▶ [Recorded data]
☆ ☆ ☆ ☆
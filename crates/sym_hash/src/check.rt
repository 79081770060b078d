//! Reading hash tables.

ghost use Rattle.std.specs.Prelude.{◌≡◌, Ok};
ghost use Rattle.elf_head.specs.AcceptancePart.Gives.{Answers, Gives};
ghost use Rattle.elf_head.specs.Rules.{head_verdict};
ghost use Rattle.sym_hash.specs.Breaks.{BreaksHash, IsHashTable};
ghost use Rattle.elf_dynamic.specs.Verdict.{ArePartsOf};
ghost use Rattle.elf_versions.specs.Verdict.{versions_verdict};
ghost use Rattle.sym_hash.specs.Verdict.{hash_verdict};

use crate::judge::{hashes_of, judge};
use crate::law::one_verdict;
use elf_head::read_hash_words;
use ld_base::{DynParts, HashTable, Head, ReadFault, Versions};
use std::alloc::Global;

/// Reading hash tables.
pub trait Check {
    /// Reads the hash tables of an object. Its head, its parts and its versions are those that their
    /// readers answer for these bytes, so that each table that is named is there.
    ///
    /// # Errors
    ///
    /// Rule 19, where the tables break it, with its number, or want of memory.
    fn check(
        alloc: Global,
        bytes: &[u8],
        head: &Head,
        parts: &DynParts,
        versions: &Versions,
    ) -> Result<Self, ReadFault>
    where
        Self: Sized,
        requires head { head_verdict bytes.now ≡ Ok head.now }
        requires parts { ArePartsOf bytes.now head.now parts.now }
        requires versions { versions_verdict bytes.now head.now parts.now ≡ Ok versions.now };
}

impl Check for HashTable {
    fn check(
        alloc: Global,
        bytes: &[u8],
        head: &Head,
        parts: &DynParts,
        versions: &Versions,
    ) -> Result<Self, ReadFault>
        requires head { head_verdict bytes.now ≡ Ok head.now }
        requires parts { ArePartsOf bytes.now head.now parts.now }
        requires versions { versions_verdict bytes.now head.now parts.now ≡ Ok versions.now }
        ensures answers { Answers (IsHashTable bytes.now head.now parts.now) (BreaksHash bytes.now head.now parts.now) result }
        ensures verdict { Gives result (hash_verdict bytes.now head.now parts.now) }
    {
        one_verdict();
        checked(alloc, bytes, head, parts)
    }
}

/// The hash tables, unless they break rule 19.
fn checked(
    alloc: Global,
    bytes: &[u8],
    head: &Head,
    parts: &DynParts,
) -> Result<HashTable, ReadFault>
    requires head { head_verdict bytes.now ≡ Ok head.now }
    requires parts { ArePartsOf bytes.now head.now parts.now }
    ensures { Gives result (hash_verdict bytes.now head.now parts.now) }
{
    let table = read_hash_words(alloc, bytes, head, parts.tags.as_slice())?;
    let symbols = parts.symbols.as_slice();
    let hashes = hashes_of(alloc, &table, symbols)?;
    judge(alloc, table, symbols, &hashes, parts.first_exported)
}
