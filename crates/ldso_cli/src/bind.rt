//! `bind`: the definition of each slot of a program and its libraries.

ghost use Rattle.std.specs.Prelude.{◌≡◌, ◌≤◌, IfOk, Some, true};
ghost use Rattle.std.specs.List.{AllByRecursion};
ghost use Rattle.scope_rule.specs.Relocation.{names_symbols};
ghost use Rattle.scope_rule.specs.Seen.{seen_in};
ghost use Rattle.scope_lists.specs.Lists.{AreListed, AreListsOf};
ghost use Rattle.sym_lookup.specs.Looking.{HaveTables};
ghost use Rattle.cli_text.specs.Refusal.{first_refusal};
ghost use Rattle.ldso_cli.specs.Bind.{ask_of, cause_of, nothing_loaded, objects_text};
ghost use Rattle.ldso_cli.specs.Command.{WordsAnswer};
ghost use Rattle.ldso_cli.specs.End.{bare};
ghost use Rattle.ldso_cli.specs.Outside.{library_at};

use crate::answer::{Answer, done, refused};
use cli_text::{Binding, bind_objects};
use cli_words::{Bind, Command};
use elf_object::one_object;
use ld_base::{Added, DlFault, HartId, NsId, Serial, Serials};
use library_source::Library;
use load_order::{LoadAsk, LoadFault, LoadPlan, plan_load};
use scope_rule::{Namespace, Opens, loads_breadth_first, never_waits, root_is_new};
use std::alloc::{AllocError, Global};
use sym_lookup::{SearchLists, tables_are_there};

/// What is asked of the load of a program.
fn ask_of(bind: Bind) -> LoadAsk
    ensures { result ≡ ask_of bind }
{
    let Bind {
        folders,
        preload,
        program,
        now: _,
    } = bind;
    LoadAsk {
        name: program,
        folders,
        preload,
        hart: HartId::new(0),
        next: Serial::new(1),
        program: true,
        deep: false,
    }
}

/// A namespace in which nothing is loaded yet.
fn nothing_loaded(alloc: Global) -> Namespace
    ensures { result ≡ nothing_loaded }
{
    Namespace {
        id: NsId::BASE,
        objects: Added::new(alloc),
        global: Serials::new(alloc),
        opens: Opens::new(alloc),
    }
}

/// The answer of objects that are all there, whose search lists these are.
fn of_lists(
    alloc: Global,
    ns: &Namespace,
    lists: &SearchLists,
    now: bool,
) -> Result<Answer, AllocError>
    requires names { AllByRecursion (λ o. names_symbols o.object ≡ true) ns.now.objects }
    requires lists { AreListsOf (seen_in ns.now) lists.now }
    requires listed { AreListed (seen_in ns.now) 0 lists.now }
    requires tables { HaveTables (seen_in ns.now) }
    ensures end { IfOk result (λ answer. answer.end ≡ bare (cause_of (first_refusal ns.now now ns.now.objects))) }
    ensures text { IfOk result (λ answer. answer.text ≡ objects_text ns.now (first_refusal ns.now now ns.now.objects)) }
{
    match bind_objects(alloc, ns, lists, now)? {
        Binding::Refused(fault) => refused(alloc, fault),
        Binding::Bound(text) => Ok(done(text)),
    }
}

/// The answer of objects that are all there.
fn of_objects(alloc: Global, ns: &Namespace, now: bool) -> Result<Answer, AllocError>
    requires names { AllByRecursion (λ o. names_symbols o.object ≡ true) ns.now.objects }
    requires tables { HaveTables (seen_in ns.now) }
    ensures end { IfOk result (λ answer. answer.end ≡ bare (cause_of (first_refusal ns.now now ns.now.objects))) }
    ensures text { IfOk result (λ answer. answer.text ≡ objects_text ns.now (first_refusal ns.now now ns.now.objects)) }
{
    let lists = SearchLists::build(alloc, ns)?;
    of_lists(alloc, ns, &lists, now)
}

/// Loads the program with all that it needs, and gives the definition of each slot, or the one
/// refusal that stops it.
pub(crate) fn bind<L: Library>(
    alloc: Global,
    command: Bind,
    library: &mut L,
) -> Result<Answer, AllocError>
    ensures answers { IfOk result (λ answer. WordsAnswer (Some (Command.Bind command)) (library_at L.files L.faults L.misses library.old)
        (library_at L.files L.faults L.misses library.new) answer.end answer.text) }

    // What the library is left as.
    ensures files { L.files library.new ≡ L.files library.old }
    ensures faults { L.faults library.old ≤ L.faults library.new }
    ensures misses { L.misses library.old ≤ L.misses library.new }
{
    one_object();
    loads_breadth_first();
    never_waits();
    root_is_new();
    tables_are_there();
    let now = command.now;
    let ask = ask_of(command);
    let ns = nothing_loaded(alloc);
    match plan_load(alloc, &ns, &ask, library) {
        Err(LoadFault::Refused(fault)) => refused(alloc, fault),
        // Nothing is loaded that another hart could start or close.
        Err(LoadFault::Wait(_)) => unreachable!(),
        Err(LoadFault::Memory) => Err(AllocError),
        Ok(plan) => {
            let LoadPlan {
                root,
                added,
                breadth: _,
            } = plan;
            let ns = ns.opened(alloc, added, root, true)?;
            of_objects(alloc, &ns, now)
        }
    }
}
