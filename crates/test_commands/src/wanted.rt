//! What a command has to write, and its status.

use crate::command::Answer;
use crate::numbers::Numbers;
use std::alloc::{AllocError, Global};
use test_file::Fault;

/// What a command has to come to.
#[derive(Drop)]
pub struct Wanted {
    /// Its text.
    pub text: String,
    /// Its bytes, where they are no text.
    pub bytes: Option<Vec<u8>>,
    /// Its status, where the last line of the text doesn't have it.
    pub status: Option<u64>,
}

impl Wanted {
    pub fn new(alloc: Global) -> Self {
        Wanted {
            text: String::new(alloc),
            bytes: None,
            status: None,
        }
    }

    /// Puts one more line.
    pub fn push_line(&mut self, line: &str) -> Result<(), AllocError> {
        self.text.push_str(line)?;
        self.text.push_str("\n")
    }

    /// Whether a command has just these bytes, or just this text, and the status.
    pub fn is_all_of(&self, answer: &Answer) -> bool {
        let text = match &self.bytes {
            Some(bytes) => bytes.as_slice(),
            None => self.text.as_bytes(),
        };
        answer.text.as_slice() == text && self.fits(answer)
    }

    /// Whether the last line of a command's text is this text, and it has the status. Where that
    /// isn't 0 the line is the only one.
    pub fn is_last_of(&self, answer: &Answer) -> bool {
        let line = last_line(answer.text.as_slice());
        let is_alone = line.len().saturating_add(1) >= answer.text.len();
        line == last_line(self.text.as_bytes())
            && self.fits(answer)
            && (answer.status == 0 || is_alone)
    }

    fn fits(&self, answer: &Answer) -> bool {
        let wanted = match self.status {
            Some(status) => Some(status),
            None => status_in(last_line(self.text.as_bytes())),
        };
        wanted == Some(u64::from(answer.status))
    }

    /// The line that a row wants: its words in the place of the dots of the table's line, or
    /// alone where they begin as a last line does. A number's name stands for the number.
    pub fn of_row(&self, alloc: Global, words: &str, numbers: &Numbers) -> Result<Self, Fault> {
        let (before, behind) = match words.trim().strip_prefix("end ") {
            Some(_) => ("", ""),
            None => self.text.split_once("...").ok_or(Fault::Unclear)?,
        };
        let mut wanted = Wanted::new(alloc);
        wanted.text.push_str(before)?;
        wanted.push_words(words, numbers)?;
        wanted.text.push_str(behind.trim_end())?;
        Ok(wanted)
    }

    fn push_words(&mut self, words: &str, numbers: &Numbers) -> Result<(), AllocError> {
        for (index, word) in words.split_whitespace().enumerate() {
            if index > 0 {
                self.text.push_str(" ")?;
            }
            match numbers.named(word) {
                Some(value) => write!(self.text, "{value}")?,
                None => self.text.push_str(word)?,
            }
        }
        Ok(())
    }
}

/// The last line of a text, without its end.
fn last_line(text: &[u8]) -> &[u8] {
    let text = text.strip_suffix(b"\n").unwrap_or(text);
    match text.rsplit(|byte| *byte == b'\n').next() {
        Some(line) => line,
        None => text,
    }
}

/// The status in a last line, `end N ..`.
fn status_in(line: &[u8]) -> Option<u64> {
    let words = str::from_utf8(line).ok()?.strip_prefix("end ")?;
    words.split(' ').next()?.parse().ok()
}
☆ ☆ ☆ ☆
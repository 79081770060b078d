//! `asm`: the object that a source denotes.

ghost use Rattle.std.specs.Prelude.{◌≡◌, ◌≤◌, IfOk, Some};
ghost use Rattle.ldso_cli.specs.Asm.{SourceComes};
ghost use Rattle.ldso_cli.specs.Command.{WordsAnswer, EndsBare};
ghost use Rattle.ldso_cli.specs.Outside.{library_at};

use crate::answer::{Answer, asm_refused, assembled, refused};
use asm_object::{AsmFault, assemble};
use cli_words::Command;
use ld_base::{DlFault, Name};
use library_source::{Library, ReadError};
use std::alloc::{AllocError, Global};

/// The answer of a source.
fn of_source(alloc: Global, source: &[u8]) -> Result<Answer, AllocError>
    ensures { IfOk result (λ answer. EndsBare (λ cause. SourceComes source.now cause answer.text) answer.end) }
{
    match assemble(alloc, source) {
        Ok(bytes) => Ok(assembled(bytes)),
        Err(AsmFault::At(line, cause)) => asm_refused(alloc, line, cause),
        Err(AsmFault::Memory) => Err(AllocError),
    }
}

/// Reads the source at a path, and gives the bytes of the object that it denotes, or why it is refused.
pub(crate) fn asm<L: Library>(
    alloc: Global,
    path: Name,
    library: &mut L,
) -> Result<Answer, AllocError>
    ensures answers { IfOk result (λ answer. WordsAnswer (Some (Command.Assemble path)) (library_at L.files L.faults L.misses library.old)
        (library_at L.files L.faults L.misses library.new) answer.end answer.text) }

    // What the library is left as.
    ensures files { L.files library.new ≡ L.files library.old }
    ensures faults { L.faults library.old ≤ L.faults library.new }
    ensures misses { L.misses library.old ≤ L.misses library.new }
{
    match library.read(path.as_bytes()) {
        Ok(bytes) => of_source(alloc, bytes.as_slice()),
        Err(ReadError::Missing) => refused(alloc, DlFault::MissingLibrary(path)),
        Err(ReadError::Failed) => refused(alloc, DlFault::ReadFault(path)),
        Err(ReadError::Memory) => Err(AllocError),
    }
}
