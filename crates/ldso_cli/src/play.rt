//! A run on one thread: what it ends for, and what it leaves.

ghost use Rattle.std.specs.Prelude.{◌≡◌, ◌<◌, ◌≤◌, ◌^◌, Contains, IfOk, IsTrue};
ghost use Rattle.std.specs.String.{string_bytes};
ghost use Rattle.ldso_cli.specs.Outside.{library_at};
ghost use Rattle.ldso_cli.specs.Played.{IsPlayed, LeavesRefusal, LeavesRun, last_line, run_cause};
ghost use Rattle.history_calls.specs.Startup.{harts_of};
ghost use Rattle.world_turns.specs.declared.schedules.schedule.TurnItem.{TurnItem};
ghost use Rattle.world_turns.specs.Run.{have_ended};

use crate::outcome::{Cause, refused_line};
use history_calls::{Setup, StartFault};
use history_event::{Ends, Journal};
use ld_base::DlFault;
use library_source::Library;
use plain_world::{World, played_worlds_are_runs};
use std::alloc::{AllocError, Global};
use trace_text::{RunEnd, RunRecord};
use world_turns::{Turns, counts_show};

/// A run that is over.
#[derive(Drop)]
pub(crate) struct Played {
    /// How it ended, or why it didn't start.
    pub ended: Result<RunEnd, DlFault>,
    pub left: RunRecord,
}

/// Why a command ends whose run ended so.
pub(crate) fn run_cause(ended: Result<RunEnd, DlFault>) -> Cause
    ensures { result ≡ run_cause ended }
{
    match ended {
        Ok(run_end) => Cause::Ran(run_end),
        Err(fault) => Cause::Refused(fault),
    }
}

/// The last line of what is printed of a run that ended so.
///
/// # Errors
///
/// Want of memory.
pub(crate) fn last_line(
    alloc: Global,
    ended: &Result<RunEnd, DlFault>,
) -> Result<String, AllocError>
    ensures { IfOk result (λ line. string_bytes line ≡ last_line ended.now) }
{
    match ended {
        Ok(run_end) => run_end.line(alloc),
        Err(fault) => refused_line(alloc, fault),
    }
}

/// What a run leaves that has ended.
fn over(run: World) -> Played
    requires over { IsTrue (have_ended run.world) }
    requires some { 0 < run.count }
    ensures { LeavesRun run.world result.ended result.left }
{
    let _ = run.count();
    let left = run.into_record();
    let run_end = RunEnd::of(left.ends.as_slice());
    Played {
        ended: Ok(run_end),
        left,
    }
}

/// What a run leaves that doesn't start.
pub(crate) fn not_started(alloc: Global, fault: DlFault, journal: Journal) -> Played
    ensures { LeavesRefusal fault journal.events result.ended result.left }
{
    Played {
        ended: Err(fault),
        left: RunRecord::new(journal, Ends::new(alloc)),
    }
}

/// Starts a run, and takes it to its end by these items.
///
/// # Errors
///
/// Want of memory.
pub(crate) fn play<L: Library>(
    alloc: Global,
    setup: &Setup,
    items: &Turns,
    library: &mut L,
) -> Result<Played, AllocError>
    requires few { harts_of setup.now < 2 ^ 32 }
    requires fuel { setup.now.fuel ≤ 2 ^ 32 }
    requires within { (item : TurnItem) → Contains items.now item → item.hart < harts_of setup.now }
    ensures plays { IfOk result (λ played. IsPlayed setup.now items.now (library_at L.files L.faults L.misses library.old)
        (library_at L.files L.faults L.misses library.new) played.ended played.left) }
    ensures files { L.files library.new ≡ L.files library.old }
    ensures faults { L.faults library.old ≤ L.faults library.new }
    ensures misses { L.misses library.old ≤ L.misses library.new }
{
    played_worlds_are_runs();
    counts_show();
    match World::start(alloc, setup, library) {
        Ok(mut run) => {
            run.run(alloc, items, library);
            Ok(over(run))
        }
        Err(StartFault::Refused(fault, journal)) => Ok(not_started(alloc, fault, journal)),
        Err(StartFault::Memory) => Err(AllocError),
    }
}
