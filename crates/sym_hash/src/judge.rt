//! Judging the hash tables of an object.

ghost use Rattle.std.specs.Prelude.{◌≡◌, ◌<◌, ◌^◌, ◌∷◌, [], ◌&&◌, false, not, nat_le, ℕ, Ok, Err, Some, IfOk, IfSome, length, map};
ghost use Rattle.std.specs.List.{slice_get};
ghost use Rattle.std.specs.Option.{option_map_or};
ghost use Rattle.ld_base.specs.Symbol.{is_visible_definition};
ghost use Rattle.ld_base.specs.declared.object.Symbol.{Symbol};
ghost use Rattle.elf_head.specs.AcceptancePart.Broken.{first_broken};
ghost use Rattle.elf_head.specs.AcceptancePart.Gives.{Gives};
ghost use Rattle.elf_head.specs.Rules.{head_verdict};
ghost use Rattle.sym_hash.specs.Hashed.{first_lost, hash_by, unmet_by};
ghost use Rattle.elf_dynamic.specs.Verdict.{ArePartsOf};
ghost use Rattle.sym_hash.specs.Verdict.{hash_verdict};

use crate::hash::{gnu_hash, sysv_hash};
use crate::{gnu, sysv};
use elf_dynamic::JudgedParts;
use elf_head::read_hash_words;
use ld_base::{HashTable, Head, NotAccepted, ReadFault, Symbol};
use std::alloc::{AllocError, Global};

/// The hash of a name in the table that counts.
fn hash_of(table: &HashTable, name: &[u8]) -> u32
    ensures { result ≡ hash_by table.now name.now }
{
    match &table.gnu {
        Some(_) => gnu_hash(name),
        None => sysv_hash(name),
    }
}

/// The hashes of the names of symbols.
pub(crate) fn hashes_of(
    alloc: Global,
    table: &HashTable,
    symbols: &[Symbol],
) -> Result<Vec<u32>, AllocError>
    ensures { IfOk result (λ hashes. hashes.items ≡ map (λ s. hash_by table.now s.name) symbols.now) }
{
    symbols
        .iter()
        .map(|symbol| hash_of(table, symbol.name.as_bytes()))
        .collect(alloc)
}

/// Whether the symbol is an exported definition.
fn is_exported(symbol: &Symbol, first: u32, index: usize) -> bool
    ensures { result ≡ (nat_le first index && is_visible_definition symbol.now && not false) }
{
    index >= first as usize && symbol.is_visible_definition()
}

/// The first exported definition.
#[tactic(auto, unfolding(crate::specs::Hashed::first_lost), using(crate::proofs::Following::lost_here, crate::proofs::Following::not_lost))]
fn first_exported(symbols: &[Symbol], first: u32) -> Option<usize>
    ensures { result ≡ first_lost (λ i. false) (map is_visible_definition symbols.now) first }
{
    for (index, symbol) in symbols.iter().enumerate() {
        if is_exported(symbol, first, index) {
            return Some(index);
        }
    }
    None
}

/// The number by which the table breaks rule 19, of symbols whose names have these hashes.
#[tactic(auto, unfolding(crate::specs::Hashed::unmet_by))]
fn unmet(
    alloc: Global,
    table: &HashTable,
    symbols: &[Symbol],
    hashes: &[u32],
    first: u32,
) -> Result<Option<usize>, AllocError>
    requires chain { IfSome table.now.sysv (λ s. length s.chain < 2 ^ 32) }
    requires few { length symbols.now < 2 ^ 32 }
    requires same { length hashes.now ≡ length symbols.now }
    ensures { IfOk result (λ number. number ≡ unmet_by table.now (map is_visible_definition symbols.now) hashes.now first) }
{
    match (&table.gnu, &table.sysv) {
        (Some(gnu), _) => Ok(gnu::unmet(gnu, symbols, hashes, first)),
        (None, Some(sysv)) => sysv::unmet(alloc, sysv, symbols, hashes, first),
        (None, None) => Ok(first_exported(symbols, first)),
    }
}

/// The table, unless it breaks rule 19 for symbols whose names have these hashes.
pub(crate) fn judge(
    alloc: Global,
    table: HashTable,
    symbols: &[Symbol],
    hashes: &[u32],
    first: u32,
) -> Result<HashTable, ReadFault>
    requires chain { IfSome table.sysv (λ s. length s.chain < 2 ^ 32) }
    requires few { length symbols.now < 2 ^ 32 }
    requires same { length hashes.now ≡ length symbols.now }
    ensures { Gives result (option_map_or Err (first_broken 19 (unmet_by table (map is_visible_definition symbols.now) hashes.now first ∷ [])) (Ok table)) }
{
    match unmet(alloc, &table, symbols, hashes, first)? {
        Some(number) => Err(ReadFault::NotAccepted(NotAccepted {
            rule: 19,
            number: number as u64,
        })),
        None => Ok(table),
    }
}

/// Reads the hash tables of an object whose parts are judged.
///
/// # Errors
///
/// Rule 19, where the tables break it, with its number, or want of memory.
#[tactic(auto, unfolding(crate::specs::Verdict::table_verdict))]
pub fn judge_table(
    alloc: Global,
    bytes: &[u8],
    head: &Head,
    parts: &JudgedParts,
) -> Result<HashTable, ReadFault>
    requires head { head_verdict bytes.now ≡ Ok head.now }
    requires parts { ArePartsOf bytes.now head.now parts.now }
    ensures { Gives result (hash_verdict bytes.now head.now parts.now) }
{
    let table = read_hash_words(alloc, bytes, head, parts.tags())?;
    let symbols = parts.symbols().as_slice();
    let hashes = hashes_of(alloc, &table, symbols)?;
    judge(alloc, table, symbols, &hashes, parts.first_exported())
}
☆ ☆ ☆ ☆
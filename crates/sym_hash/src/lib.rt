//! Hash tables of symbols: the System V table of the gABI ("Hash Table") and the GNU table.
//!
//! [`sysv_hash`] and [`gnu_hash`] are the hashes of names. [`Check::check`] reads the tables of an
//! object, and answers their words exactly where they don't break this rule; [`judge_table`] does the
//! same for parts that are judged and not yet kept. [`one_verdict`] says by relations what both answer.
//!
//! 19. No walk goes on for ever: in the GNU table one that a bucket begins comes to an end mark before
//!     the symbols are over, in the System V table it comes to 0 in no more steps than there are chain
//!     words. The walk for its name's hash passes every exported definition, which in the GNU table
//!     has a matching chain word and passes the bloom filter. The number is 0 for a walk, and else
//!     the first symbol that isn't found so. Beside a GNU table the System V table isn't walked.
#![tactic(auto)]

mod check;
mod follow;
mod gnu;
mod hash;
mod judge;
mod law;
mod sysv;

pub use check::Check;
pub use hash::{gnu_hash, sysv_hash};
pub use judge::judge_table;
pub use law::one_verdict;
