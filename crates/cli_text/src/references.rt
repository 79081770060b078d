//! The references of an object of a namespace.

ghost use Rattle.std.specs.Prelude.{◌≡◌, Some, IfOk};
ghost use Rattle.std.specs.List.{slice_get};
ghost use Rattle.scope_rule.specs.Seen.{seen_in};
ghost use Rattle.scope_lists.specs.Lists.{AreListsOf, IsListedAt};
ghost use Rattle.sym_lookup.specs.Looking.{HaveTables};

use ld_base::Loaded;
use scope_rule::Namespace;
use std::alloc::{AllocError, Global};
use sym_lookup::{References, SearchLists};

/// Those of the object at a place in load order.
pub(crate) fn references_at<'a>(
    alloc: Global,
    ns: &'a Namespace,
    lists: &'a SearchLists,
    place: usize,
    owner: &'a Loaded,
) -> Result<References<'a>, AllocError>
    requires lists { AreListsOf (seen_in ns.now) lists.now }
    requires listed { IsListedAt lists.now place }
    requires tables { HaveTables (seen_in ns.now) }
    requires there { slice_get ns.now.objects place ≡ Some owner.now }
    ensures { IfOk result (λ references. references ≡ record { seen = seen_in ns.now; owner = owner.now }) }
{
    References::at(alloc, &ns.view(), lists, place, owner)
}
☆ ☆ ☆ ☆
▶ [THE PROBLEM]
Report each line in the preceding entries that holds the string "these".

▶ [EXERCISE OUTPUT]
    /// readers answer for these bytes, so that each table that is named is there.
/// The answer of objects that are all there, whose search lists these are.
    /// Whether a command has just these bytes, or just this text, and the status.
/// Starts a run, and takes it to its end by these items.
/// The number by which the table breaks rule 19, of symbols whose names have these hashes.
/// The table, unless it breaks rule 19 for symbols whose names have these hashes.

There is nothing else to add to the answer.